I have a 35 megabit per second connection. It took 15 seconds before I saw a thing. It took 30 seconds to fully load. I realize that the U.S. has about the 25th fastest Internet in the world, but a 35 mps connection brings me closer to South Korean standards than most people. I don't know what your average Internet speed there is in Karala, but if it's like mine, hardly anyone will wait around for the results.

I thought maybe the entire site was loading an that's why it took so long. At least once it was loaded, you could navigate through the site with no more waiting. Then I clicked on About -- and waited another 15 seconds.

Sorry, I give up.


----------



## zombiesniper (Aug 8, 2015)

I have a decent connection and I have to agree with the above about the speed of loading. It took between 10-15 seconds for pages to load.
I like the layout and clicking the photo's in the gallery I didn't mind but having a slideshow option would be nice.
If you could put up something that lets the user know if you are currently on or off the air on the live stream prior to them clicking the link it would also be beneficial.


----------



## Derrel (Aug 8, 2015)

It took me 40 full seconds un til I saw a **single** thing...but the main page popped up fully loaded by 42 seconds. I looked at two galleries. Beautiful brides, lovely wedding clothes, but the number of photos (eight or nine) per wedding is too few! Overall, it looks like you can shoot.


----------



## Designer (Aug 8, 2015)

Derrel said:


> Overall, it looks like you can shoot.


Or more like two or three of you can shoot.  And several more do the editing.  

Your style is all over the map.


----------



## KmH (Aug 8, 2015)

I have a 3 Mb download speed connection and I saw the first page of your web site in about 5 seconds.
Be that as it may, what counts is how long it takes potential clients _in your market area_ to see/browse your web site.

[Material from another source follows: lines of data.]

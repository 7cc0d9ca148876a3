//! Updates entries from dependencies, and removes entries and features from a manifest.
#![tactic(auto)]

mod features;
mod final_values;
mod joined_features;
mod manifest_ext;
mod remove;
mod update;

pub use manifest_ext::ManifestExt;
pub use update::DependencyExt;
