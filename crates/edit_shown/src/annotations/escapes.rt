//! Texts in a workflow command of GitHub Actions.
ghost use Rattle.std.specs.Prelude.{◌≡◌, ◌++◌, IfOk, OnOk, string_bytes};
ghost use Rattle.std.specs.List.{flat_map};
ghost use Rattle.std.specs.Str.{chars};
ghost use Rattle.edit_shown.specs.Annotations as spec;

use std::alloc::{AllocError, Global};

/// Appends a character of a message: `%` and line ends as `%` and two digits.
fn push_data_char(to: &mut String, c: char) -> Result<(), AllocError>
    ensures { OnOk result (string_bytes to.new ≡ string_bytes to.old ++ spec.data_char c) }
{
    match c {
        '%' => to.push_str("%25"),
        '\r' => to.push_str("%0D"),
        '\n' => to.push_str("%0A"),
        _ => to.push(c),
    }
}

/// Appends a character of a property: also `:` and `,` as `%` and two digits.
fn push_property_char(to: &mut String, c: char) -> Result<(), AllocError>
    ensures { OnOk result (string_bytes to.new ≡ string_bytes to.old ++ spec.property_char c) }
{
    match c {
        ':' => to.push_str("%3A"),
        ',' => to.push_str("%2C"),
        _ => push_data_char(to, c),
    }
}

/// Appends a text as a message.
pub(crate) fn push_data(to: &mut String, text: &str) -> Result<(), AllocError>
    ensures { OnOk result (string_bytes to.new ≡ string_bytes to.old ++ spec.data_text text.now) }
{
    for c in text.chars() {
        push_data_char(to, c)?;
    }
    Ok(())
}

/// Appends a text as a property.
fn push_property(to: &mut String, text: &str) -> Result<(), AllocError>
    ensures { OnOk result (string_bytes to.new ≡ string_bytes to.old ++ spec.property_text text.now) }
{
    for c in text.chars() {
        push_property_char(to, c)?;
    }
    Ok(())
}

/// A text as a property.
pub(crate) fn property_text(alloc: Global, text: &str) -> Result<String, AllocError>
    ensures { IfOk result (λ s. string_bytes s ≡ spec.property_text text.now) }
{
    let mut property = String::new(alloc);
    push_property(&mut property, text)?;
    Ok(property)
}
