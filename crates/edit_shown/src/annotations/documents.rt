//! The documents of inputs, read again one after another.
ghost use Rattle.std.specs.Prelude.{◌≡◌, IfErr, IfOk};
ghost use Rattle.edit_base.specs.Errors.{IsMemory};
ghost use Rattle.edit_document.specs.Items.{place_view};
ghost use Rattle.edit_shown.specs.Annotations.{bytes_at};
ghost use Rattle.edit_shown.specs.InputDocuments.{IsDocumentFor, IsDocumentOf, IsRead};
ghost use Rattle.edit_shown.specs.RequirementLines.{requirement_line};

use crate::annotations::lines::{FIRST, LineAt, line_at, start_of};
use edit_base::{CargoResult, Error};
use edit_document::{Document, Step};
use edit_manifest::Manifest;
use edit_metadata::Input;
use std::alloc::{AllocError, Global};

/// The document of an input; `None` where its bytes are none.
#[derive(Drop)]
pub(crate) struct InputDocument {
    /// The index of the input, from 0.
    pub(crate) input: usize,
    pub(crate) document: Option<Document>,
    /// The line that was counted last.
    pub(crate) last: LineAt,
}

/// The bytes of the input at this index; empty where there is none.
pub(crate) fn bytes_at(inputs: &[Input], i: usize) -> &[u8]
    ensures { result.now ≡ bytes_at inputs.now i }
{
    match inputs.get(i) {
        Some(input) => input.bytes.as_slice(),
        None => &[],
    }
}

/// The document with these bytes; `None` where they are none.
fn document_of(alloc: Global, bytes: &[u8]) -> Result<Option<Document>, AllocError>
    ensures { IfOk result (IsDocumentFor bytes.now) }
{
    match Manifest::read_bytes(alloc, bytes) {
        Ok(manifest) => {
            let Manifest { document } = manifest;
            Ok(Some(document))
        }
        Err(error) => {
            if error.number() == Error::Memory.number() {
                return Err(AllocError);
            }
            Ok(None)
        }
    }
}

/// The document of the input at this index.
pub(crate) fn read_input(
    alloc: Global,
    inputs: &[Input],
    i: usize,
) -> Result<InputDocument, AllocError>
    ensures input { IfOk result (λ d. d.input ≡ i) }
    ensures is { IfOk result (IsDocumentOf inputs.now) }
{
    let document = document_of(alloc, bytes_at(inputs, i))?;
    Ok(InputDocument {
        input: i,
        document,
        last: FIRST,
    })
}

/// The document of the input at this index: the last one, where it is that of this input.
pub(crate) fn next_document(
    alloc: Global,
    inputs: &[Input],
    i: usize,
    last: InputDocument,
) -> Result<InputDocument, AllocError>
    requires { IsDocumentOf inputs.now last }
    ensures input { IfOk result (λ d. d.input ≡ i) }
    ensures is { IfOk result (IsDocumentOf inputs.now) }
{
    if last.input == i {
        return Ok(last);
    }
    read_input(alloc, inputs, i)
}

/// The line on which the requirement of the entry at a place begins, in a document with these bytes; `None`
/// where there is none.
pub(crate) fn requirement_line(
    alloc: Global,
    bytes: &[u8],
    own: &mut InputDocument,
    entry: &[Step],
) -> CargoResult<Option<usize>>
    requires { IsRead bytes.now own.old }
    ensures line { IfOk result (λ o. o ≡ requirement_line bytes.now (place_view entry.now)) }
    ensures read { IsRead bytes.now own.new }
    ensures input { own.new.input ≡ own.old.input }
    ensures error { IfErr result IsMemory }
{
    let start = start_of(alloc, &own.document, entry)?;
    let Some(start) = start else {
        return Ok(None);
    };
    own.last = line_at(bytes, own.last, start);
    Ok(Some(own.last.line))
}
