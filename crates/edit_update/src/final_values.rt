//! The final value of each key after an entry is updated from a `Dependency`.
ghost use Rattle.std.specs.Prelude.{◌≡◌, ◌++◌, ◌∷◌, [], List, ℕ, None, Some, IfErr, IfOk, OnOk, codes, if◌then◌else◌, map, option_copied, option_map, string_bytes};
ghost use Rattle.edit_base.specs.Errors.{IsMemory};
ghost use Rattle.edit_base.specs.Paths.{texts};
ghost use Rattle.edit_tree.specs.NewItems.{a_string, a_truth};
ghost use Rattle.edit_document.specs.NewItemViews.{new_value_view};
ghost use Rattle.edit_update.specs.FinalValueViews.{final_values_view};
ghost use Rattle.edit_update.specs.EntryUpdates.{final_values_of, ends_with_version, joined_features, source_values, removed_source_keys, package_value, all_source_values, workspace_removal};
ghost use Rattle.edit_record.specs.EntryRecords.{from_git, from_registry, from_workspace};
ghost use Rattle.edit_record.specs.NewEntries.{written_name};
ghost use Rattle.edit_record.specs.RecordViews.{path_view, record_view, repository_view, item_tree, source_view};

use crate::joined_features::joined_features;
use edit_base::errors::CargoResult;
use edit_document::{Item, NewValue};
use edit_record::dependency::path_field;
use edit_record::{Dependency, GitSource, PathSource, Source};
use std::alloc::{AllocError, Global};

/// A key of an entry with its final value; `None` where the key is removed.
#[derive(Drop)]
pub(crate) struct FinalValue {
    pub(crate) name: &'static str,
    pub(crate) value: Option<NewValue>,
}

/// Appends a key with its final value.
fn push_final_value(
    ends: &mut Vec<FinalValue>,
    name: &'static str,
    value: Option<NewValue>,
) -> Result<(), AllocError>
    ensures { OnOk result (final_values_view ends.new.items
        ≡ final_values_view ends.old.items ++ (name.now, option_map new_value_view value) ∷ []) }
{
    ends.push(FinalValue { name, value })?;
    Ok(())
}

/// Appends a key with a string as its final value; without one, the key is removed.
fn push_text(
    ends: &mut Vec<FinalValue>,
    name: &'static str,
    text: Option<&String>,
) -> Result<(), AllocError>
    ensures { OnOk result (final_values_view ends.new.items ≡ final_values_view ends.old.items
        ++ (name.now, option_map a_string (option_map string_bytes (option_copied text.entry))) ∷ []) }
{
    match text {
        Some(text) => push_final_value(ends, name, Some(NewValue::Str(text.clone()?))),
        None => push_final_value(ends, name, None),
    }
}

/// Appends a key with a boolean as its final value; without one, the key is removed.
fn push_truth(
    ends: &mut Vec<FinalValue>,
    name: &'static str,
    truth: Option<bool>,
) -> Result<(), AllocError>
    ensures { OnOk result (final_values_view ends.new.items
        ≡ final_values_view ends.old.items ++ (name.now, option_map a_truth truth) ∷ []) }
{
    match truth {
        Some(truth) => push_final_value(ends, name, Some(NewValue::Bool(truth))),
        None => push_final_value(ends, name, None),
    }
}

/// Appends keys that are removed.
fn push_removed_keys(ends: &mut Vec<FinalValue>, names: &[&'static str]) -> Result<(), AllocError>
    ensures { OnOk result (final_values_view ends.new.items
        ≡ final_values_view ends.old.items ++ map (λ n. (n, None)) (texts names.now)) }
{
    'names: for name in names {
        push_final_value(ends, name, None)?;
    }
    Ok(())
}

/// Appends the keys of a path source, with its path relative to `root`.
fn push_path(
    alloc: Global,
    root: &str,
    ends: &mut Vec<FinalValue>,
    source: &PathSource,
) -> CargoResult<()>
    ensures ok { OnOk result (final_values_view ends.new.items
        ≡ final_values_view ends.old.items ++ source_values root.now (path_view source.now)) }
    ensures error { IfErr result IsMemory }
{
    let path = path_field(alloc, root, source.path.as_str())?;
    push_final_value(ends, "path", Some(NewValue::Str(path)))?;
    push_text(ends, "version", source.version.as_ref())?;
    Ok(())
}

/// Appends the keys of a Git source.
fn push_repository(ends: &mut Vec<FinalValue>, source: &GitSource) -> Result<(), AllocError>
    ensures { OnOk result (final_values_view ends.new.items
        ≡ final_values_view ends.old.items ++ source_values [] (from_git (repository_view source.now))) }
{
    push_text(ends, "git", Some(&source.git))?;
    push_text(ends, "branch", source.branch.as_ref())?;
    push_text(ends, "tag", source.tag.as_ref())?;
    push_text(ends, "rev", source.rev.as_ref())?;
    push_text(ends, "version", source.version.as_ref())
}

/// Appends the keys of a source.
fn push_own(
    alloc: Global,
    root: &str,
    ends: &mut Vec<FinalValue>,
    source: &Source,
) -> CargoResult<()>
    ensures ok { OnOk result (final_values_view ends.new.items
        ≡ final_values_view ends.old.items ++ source_values root.now (source_view source.now)) }
    ensures error { IfErr result IsMemory }
{
    match source {
        Source::Registry(source) => push_text(ends, "version", Some(&source.version))?,
        Source::Path(source) => push_path(alloc, root, ends, source)?,
        Source::Git(source) => push_repository(ends, source)?,
        Source::Workspace(_) => push_truth(ends, "workspace", Some(true))?,
    }
    Ok(())
}

/// Appends the keys of other kinds of sources, which are removed.
fn push_other(ends: &mut Vec<FinalValue>, source: &Source) -> Result<(), AllocError>
    ensures { (root : List ℕ) → OnOk result (final_values_view ends.new.items
        ≡ final_values_view ends.old.items
        ++ removed_source_keys (source_values root (source_view source.now))) }
{
    match source {
        Source::Registry(_) => push_removed_keys(
            ends,
            &["path", "git", "branch", "tag", "rev", "workspace"],
        ),
        Source::Path(_) => push_removed_keys(ends, &["git", "branch", "tag", "rev", "workspace"]),
        Source::Git(_) => push_removed_keys(ends, &["path", "workspace"]),
        Source::Workspace(_) => push_removed_keys(
            ends,
            &["version", "path", "git", "branch", "tag", "rev"],
        ),
    }
}

/// Appends the keys of the source and of other kinds of sources, if the dependency has a source.
fn push_sources(
    dependency: &Dependency,
    alloc: Global,
    root: &str,
    ends: &mut Vec<FinalValue>,
) -> CargoResult<()>
    ensures ok { OnOk result (final_values_view ends.new.items
        ≡ final_values_view ends.old.items
        ++ all_source_values root.now (record_view dependency.now).origin) }
    ensures error { IfErr result IsMemory }
{
    if let Some(source) = &dependency.source {
        push_own(alloc, root, ends, source)?;
        push_other(ends, source)?;
    }
    Ok(())
}

/// Appends a key that is removed if the source is the workspace.
fn push_with_workspace(
    dependency: &Dependency,
    ends: &mut Vec<FinalValue>,
    name: &'static str,
) -> Result<(), AllocError>
    ensures { OnOk result (final_values_view ends.new.items
        ≡ final_values_view ends.old.items
        ++ workspace_removal name.now (record_view dependency.now).origin) }
{
    match &dependency.source {
        Some(Source::Workspace(_)) => push_final_value(ends, name, None),
        _ => Ok(()),
    }
}

/// Whether the entry finally has a key `version`.
fn ends_with_version(dependency: &Dependency, entry: Item<'_>) -> bool
    ensures { result ≡ ends_with_version (item_tree entry.entry) (record_view dependency.now).origin }
{
    match &dependency.source {
        Some(source) => source.version().is_some(),
        None => entry.get("version").is_some(),
    }
}

/// Appends the key `registry`: its value is that of the dependency if the entry finally has a version;
/// otherwise the key is removed.
fn push_registry(
    dependency: &Dependency,
    ends: &mut Vec<FinalValue>,
    entry: Item<'_>,
) -> Result<(), AllocError>
    ensures { OnOk result (final_values_view ends.new.items ≡ final_values_view ends.old.items
        ++ (
          codes "registry",
          if ends_with_version (item_tree entry.entry) (record_view dependency.now).origin
              then option_map a_string (record_view dependency.now).registry else None,
        ) ∷ []) }
{
    if ends_with_version(dependency, entry) {
        return push_text(ends, "registry", dependency.registry.as_ref());
    }
    push_final_value(ends, "registry", None)
}

/// Appends the key `package`.
fn push_package(dependency: &Dependency, ends: &mut Vec<FinalValue>) -> Result<(), AllocError>
    ensures { OnOk result (final_values_view ends.new.items ≡ final_values_view ends.old.items
        ++ package_value (written_name (record_view dependency.now)) (record_view dependency.now).origin) }
{
    match &dependency.rename {
        Some(_) => push_text(ends, "package", Some(&dependency.name)),
        None => push_with_workspace(dependency, ends, "package"),
    }
}

/// Appends the key `features`.
fn push_features(
    dependency: &Dependency,
    alloc: Global,
    ends: &mut Vec<FinalValue>,
    entry: Item<'_>,
) -> CargoResult<()>
    ensures ok { OnOk result (final_values_view ends.new.items ≡ final_values_view ends.old.items
        ++ (
          codes "features",
          option_map (joined_features (item_tree entry.entry))
              (record_view dependency.now).features,
        ) ∷ []) }
    ensures error { IfErr result IsMemory }
{
    let value = match &dependency.features {
        Some(new) => Some(joined_features(alloc, entry, new)?),
        None => None,
    };
    push_final_value(ends, "features", value)?;
    Ok(())
}

/// The final value of each key after an entry is updated from a `Dependency`, in the order of the updates.
pub(crate) fn final_values_of(
    dependency: &Dependency,
    alloc: Global,
    root: &str,
    entry: Item<'_>,
) -> CargoResult<Vec<FinalValue>>
    ensures ok { IfOk result (λ v. final_values_view v.items
        ≡ final_values_of (item_tree entry.entry) root.now (record_view dependency.now)) }
    ensures error { IfErr result IsMemory }
{
    let mut ends = Vec::new(alloc);
    push_sources(dependency, alloc, root, &mut ends)?;
    push_with_workspace(dependency, &mut ends, "registry-index")?;
    push_registry(dependency, &mut ends, entry)?;
    push_package(dependency, &mut ends)?;
    push_truth(&mut ends, "default-features", dependency.default_features)?;
    push_features(dependency, alloc, &mut ends, entry)?;
    push_truth(&mut ends, "optional", dependency.optional)?;
    Ok(ends)
}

Since you seem to be in India, I wouldn't worry to much about how long it takes people in the US to see your web site.
Considering cultural differences, again I would recommend input from people in your market area.


----------



## elizpage (Aug 8, 2015)

1) It's very slow and is taking my connection forever to load! I'm noticing a lot of people are saying the same thing. However, it was mentioned that you are in India as well.

2) I think it could do with being a bit cleaner, and I don't really like your watermark. 

3) The photos are nice though, for the most part- even though it's so frustrating to look through them because of my slow connection.


----------



## huuduan11cntt1 (Aug 19, 2015)

Hi . Kerala, I checked the website you see slightly slower load.


----------



## AceCo55 (Aug 20, 2015)

I just tried it again, and it is loading much faster this time.

Went to your "About Us" page ...
I think you seriously need a native English speaker to fix up that page
(spelling errors, grammar errors, punctuation errors.  Layout of sentences could be better. Use of bullet points or lists would make some parts easier to read)

Best wishes


----------



## desertrattm2r12 (Dec 22, 2015)

Very nice indeed.


----------